[SOURCE MATERIAL — start]

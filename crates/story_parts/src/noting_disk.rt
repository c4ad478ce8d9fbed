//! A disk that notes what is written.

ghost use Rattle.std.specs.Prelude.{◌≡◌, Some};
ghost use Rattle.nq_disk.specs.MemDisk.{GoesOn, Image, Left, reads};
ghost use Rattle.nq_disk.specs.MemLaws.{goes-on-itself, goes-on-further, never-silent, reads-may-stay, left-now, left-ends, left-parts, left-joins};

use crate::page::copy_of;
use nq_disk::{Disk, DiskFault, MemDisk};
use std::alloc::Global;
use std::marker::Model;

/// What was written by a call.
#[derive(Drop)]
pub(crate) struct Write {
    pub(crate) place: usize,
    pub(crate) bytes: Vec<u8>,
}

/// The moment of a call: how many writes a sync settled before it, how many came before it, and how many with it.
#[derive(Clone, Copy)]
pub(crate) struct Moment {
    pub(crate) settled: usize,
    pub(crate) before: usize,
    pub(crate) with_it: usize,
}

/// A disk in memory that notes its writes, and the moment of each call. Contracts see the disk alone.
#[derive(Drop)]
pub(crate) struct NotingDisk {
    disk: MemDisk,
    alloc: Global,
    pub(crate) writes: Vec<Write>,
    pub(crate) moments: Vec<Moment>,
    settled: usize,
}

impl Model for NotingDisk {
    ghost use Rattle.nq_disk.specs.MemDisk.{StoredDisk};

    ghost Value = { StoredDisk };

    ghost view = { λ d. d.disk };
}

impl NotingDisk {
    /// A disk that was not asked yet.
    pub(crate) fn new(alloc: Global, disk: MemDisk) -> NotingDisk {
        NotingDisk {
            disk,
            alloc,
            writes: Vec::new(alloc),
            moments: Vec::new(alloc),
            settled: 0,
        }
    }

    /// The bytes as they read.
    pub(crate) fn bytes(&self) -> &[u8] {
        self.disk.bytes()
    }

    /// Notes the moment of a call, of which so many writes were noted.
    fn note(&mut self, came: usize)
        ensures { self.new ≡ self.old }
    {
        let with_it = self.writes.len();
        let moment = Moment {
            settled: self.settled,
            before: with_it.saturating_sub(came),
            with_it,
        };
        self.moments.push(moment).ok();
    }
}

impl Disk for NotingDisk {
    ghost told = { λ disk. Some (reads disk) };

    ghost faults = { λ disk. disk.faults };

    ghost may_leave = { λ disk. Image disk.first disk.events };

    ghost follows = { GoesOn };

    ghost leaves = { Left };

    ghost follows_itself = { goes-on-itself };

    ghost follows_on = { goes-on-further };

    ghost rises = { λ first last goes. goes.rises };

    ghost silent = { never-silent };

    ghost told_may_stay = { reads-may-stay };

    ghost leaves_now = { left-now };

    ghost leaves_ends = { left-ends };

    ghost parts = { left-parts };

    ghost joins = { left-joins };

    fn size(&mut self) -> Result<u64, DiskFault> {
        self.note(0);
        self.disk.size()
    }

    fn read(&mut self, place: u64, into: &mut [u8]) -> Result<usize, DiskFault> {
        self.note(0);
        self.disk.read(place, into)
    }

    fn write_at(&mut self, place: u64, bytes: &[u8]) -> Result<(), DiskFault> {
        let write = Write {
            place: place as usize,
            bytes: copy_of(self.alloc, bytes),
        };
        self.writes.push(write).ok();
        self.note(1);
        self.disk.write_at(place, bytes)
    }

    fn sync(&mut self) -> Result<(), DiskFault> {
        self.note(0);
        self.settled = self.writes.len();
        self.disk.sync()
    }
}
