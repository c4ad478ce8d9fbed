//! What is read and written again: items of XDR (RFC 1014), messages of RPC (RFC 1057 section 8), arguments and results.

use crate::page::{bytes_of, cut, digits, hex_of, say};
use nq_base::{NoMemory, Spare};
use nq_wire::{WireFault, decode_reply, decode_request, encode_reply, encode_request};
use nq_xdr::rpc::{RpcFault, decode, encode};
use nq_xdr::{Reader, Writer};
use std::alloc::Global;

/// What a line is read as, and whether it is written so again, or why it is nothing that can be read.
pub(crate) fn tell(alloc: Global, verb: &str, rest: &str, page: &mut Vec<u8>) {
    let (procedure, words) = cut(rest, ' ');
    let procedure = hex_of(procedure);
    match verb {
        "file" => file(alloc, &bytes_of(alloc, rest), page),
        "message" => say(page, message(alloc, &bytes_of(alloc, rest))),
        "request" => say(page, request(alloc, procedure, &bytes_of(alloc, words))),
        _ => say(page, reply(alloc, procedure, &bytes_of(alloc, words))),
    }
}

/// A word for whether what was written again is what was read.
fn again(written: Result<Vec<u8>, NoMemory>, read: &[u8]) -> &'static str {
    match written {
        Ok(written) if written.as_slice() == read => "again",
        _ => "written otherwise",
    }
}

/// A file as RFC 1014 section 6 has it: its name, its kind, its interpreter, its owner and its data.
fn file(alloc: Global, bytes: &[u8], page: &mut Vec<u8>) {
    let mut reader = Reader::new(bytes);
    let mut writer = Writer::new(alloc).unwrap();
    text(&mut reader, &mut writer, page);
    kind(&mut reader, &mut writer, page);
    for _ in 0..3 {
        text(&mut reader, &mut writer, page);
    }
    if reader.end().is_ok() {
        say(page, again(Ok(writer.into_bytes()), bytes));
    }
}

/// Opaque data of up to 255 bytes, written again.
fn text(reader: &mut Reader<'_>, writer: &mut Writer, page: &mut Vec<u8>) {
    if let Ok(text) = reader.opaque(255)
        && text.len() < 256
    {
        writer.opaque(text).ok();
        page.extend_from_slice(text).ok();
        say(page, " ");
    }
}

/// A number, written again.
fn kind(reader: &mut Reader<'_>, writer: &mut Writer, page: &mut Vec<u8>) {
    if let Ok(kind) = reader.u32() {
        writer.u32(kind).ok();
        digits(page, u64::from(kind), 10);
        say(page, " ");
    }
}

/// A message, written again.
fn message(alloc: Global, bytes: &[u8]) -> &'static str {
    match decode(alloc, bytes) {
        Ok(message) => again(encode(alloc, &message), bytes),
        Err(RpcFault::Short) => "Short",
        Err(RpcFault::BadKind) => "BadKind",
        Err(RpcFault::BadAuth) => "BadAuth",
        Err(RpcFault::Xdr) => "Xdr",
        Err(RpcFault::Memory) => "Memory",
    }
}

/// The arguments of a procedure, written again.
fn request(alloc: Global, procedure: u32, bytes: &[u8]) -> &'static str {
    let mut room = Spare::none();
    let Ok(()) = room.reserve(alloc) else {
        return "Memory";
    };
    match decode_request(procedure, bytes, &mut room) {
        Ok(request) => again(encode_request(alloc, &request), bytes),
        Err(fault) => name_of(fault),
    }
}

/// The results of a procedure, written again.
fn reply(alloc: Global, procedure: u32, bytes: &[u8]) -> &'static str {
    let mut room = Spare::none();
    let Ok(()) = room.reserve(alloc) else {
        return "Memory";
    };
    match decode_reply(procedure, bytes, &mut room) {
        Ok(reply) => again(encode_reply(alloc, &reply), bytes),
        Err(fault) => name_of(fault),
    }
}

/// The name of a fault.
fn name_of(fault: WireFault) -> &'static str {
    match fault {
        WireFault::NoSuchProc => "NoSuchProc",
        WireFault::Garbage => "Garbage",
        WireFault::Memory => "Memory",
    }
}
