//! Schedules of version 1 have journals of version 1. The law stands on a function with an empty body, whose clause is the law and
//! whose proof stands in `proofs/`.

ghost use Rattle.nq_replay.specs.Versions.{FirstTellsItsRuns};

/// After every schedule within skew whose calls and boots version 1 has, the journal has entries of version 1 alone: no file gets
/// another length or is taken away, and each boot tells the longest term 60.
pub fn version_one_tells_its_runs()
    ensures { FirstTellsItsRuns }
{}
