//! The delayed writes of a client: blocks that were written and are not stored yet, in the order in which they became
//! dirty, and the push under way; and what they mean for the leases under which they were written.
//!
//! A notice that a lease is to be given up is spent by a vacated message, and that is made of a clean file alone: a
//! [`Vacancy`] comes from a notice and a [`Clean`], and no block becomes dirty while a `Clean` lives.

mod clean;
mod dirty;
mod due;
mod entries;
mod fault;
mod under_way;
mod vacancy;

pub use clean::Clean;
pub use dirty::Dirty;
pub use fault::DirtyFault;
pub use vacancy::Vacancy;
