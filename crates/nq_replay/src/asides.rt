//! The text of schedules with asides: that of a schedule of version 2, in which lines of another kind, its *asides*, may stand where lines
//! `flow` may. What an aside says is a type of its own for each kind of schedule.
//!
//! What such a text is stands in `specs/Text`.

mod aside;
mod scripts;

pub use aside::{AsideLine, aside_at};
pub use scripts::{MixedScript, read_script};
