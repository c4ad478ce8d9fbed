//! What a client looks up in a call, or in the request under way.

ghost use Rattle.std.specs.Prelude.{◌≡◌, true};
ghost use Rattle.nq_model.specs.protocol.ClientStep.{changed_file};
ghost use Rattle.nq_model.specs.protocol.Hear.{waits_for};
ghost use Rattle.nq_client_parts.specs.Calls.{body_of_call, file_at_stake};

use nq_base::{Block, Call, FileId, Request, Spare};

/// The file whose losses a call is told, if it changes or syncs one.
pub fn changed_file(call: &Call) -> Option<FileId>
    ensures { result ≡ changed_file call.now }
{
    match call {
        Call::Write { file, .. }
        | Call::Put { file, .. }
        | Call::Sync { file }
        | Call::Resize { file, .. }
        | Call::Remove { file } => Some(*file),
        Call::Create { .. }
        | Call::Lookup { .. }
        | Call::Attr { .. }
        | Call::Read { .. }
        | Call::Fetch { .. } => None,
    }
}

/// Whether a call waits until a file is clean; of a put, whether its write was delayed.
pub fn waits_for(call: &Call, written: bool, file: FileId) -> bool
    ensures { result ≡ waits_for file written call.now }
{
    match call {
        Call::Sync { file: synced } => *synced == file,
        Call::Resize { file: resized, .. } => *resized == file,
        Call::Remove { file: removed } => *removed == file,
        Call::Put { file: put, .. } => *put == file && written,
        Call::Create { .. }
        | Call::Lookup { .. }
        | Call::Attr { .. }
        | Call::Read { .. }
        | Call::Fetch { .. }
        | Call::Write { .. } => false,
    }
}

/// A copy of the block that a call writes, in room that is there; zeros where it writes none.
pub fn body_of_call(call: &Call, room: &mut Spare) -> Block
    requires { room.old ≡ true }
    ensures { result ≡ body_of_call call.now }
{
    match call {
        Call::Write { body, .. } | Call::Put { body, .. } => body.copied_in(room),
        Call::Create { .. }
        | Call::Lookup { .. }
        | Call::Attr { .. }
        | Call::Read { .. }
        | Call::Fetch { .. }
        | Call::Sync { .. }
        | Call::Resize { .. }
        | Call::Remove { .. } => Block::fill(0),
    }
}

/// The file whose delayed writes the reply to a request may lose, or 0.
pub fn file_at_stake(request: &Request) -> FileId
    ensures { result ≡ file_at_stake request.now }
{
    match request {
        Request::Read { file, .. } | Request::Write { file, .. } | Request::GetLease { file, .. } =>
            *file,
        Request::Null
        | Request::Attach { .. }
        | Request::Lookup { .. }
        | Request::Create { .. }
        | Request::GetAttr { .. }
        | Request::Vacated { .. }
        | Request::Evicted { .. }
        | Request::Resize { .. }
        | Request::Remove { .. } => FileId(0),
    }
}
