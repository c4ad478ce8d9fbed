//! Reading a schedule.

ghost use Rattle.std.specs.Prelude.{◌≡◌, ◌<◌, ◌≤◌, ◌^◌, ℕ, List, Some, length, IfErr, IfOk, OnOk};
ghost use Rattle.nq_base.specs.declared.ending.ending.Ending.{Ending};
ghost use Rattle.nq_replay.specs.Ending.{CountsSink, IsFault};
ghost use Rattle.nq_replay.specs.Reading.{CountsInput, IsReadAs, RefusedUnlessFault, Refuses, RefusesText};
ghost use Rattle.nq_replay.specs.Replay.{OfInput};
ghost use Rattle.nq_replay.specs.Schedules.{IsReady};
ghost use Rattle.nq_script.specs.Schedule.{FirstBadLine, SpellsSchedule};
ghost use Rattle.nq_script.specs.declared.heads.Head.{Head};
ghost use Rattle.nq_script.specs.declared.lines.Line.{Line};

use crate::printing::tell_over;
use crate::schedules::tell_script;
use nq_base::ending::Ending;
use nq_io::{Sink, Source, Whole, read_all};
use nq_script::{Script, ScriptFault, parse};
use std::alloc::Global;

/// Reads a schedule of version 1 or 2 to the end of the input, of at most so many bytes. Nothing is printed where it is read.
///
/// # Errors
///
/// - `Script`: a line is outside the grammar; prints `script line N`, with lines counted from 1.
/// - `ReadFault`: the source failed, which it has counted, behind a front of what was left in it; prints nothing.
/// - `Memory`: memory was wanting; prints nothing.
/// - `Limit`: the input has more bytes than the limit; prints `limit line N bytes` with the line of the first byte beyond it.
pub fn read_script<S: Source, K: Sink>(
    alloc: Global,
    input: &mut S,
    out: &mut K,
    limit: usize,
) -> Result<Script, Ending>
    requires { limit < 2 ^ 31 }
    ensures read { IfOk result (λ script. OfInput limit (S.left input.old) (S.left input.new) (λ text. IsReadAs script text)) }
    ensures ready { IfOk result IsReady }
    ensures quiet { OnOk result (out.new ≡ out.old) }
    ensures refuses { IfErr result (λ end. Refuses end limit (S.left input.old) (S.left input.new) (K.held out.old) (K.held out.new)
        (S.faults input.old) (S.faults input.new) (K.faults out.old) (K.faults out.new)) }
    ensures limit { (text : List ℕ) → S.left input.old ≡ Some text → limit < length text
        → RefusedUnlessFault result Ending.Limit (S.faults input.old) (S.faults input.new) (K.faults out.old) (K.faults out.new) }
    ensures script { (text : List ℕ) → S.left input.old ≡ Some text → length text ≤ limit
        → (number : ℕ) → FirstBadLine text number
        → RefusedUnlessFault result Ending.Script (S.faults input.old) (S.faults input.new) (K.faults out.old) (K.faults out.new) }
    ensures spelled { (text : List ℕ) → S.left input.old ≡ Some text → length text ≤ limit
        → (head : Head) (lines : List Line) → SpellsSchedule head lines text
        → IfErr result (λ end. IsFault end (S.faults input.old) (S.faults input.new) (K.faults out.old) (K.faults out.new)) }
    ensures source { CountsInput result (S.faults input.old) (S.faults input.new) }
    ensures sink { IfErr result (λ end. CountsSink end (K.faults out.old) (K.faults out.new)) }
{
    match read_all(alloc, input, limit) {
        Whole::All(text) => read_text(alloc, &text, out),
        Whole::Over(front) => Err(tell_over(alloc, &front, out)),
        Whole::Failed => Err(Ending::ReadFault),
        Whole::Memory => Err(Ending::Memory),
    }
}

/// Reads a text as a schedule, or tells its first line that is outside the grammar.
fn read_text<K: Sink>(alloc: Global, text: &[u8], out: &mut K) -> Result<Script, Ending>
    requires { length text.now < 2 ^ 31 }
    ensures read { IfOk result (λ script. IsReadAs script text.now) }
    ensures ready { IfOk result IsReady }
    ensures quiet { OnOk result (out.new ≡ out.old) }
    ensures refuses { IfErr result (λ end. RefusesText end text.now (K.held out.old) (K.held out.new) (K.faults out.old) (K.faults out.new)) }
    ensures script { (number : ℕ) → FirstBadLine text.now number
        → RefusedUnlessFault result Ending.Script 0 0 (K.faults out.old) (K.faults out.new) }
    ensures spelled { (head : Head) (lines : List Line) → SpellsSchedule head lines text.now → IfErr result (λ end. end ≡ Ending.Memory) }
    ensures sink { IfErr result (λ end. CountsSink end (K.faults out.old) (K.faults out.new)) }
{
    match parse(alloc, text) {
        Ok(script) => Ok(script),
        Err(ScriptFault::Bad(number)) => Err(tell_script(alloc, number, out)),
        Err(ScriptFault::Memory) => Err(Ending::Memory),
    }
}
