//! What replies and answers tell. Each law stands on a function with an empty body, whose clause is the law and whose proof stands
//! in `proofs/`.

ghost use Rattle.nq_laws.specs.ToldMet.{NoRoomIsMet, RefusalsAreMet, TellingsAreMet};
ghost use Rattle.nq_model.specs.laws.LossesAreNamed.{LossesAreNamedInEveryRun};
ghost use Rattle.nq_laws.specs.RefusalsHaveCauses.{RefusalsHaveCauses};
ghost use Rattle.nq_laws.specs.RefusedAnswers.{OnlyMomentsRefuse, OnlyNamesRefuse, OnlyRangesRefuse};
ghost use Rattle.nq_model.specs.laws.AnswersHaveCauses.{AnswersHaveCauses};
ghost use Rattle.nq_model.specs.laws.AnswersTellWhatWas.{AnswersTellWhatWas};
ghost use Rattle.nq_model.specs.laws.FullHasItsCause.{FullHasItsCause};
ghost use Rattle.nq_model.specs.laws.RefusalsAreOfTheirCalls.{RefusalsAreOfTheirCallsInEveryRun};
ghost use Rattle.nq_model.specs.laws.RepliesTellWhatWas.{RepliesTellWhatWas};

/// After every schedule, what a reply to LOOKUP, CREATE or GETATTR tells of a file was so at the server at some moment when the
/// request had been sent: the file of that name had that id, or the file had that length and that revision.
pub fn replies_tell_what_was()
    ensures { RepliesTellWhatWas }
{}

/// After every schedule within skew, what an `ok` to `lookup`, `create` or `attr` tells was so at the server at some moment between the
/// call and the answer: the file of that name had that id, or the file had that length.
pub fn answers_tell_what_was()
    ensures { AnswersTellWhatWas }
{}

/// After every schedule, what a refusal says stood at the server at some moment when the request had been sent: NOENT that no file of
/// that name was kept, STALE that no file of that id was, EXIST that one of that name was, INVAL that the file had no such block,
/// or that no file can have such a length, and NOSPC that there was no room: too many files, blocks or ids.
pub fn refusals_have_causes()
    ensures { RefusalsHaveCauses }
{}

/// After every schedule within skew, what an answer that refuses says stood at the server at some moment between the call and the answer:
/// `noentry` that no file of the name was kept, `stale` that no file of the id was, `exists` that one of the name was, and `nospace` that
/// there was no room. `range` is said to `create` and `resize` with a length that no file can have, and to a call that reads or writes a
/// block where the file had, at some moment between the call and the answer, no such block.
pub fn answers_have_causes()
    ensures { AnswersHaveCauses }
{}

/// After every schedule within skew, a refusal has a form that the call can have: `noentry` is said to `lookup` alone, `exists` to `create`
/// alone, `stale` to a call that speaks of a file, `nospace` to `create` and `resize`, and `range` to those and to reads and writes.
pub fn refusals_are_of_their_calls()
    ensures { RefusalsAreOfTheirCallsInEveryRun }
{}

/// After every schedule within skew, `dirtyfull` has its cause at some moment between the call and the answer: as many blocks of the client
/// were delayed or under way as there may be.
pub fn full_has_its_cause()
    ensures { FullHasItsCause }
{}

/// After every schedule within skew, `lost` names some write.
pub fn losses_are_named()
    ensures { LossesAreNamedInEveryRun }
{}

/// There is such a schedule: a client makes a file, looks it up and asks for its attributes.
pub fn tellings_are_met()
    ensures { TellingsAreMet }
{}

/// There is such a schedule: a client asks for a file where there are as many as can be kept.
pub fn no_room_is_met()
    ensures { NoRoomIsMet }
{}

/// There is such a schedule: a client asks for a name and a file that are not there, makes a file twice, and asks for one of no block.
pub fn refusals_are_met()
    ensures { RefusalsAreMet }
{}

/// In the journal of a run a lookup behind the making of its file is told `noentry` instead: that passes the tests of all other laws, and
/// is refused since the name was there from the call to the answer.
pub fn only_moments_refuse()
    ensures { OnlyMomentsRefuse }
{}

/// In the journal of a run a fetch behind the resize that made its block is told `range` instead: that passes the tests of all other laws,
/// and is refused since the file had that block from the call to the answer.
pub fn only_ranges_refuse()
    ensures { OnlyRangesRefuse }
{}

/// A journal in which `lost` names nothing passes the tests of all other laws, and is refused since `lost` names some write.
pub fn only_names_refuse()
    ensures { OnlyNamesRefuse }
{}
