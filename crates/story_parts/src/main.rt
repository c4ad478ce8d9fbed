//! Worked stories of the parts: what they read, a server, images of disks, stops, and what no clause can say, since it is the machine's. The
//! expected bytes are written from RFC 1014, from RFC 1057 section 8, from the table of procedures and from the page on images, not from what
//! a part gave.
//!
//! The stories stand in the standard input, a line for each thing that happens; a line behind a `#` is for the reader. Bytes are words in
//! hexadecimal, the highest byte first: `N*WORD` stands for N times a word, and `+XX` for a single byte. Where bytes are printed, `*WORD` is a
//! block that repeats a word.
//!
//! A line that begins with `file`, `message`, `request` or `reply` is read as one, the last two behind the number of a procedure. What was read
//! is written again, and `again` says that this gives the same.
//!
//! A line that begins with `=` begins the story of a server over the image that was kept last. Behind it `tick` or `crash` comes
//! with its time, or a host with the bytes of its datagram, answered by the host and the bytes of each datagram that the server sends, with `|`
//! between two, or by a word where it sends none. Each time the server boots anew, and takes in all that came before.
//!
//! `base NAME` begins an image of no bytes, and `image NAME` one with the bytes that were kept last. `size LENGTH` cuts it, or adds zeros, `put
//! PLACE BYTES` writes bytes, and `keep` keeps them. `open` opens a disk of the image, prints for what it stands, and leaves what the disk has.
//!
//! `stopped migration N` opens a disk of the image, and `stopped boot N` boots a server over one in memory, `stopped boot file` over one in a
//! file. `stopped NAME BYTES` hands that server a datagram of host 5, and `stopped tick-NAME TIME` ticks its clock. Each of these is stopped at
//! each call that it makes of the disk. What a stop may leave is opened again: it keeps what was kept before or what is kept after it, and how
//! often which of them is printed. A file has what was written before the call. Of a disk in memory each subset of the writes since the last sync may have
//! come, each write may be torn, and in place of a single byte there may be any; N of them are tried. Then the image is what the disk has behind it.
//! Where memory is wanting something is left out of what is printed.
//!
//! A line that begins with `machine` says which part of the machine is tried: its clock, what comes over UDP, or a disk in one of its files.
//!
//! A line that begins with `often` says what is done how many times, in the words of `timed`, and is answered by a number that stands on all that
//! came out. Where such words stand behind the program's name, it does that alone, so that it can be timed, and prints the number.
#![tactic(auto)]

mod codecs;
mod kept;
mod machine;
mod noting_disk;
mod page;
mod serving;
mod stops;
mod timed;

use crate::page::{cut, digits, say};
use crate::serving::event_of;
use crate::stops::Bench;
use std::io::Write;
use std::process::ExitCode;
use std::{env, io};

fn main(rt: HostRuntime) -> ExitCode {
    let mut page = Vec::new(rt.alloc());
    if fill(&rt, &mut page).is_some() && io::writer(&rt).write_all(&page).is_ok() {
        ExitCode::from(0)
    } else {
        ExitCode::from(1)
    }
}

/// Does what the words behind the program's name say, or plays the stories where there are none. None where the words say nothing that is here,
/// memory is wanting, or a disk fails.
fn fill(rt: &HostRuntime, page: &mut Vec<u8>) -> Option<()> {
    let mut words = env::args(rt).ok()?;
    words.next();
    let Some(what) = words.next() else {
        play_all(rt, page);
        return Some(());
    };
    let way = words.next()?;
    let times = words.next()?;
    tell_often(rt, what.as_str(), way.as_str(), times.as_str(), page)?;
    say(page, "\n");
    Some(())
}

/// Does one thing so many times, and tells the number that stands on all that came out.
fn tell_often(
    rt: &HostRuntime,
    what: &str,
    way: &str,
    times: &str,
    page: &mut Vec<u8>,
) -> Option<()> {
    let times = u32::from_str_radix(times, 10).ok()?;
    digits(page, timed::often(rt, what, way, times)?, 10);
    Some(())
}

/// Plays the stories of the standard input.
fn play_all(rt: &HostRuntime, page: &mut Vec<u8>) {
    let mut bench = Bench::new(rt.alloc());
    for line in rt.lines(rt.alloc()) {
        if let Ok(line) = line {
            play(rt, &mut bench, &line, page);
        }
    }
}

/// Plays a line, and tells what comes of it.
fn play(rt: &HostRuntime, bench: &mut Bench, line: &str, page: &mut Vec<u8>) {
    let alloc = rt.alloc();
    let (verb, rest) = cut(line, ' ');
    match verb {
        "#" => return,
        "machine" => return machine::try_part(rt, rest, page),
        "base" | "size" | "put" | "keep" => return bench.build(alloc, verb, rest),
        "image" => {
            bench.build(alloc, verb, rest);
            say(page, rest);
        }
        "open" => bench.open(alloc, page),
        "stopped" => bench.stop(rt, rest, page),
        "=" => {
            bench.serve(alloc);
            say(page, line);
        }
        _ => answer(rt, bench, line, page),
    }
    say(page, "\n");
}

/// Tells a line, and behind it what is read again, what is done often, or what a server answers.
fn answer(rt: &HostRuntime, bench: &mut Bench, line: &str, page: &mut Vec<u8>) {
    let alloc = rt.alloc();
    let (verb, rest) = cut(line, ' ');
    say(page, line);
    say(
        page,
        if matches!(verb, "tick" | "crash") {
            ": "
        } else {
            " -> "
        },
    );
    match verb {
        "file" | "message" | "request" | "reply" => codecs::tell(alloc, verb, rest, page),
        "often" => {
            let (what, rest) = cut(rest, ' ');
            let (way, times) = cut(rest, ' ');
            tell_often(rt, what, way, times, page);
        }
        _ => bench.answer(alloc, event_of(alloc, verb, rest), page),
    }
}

[SOURCE MATERIAL — finish]

ASSIGNMENT:
Pull every line with "Prelude" from the records.

TASK RESPONSE:
ghost use Rattle.std.specs.Prelude.{◌≡◌, Some};
ghost use Rattle.std.specs.Prelude.{◌≡◌, true};
ghost use Rattle.std.specs.Prelude.{◌≡◌, ◌<◌, ◌≤◌, ◌^◌, ℕ, List, Some, length, IfErr, IfOk, OnOk};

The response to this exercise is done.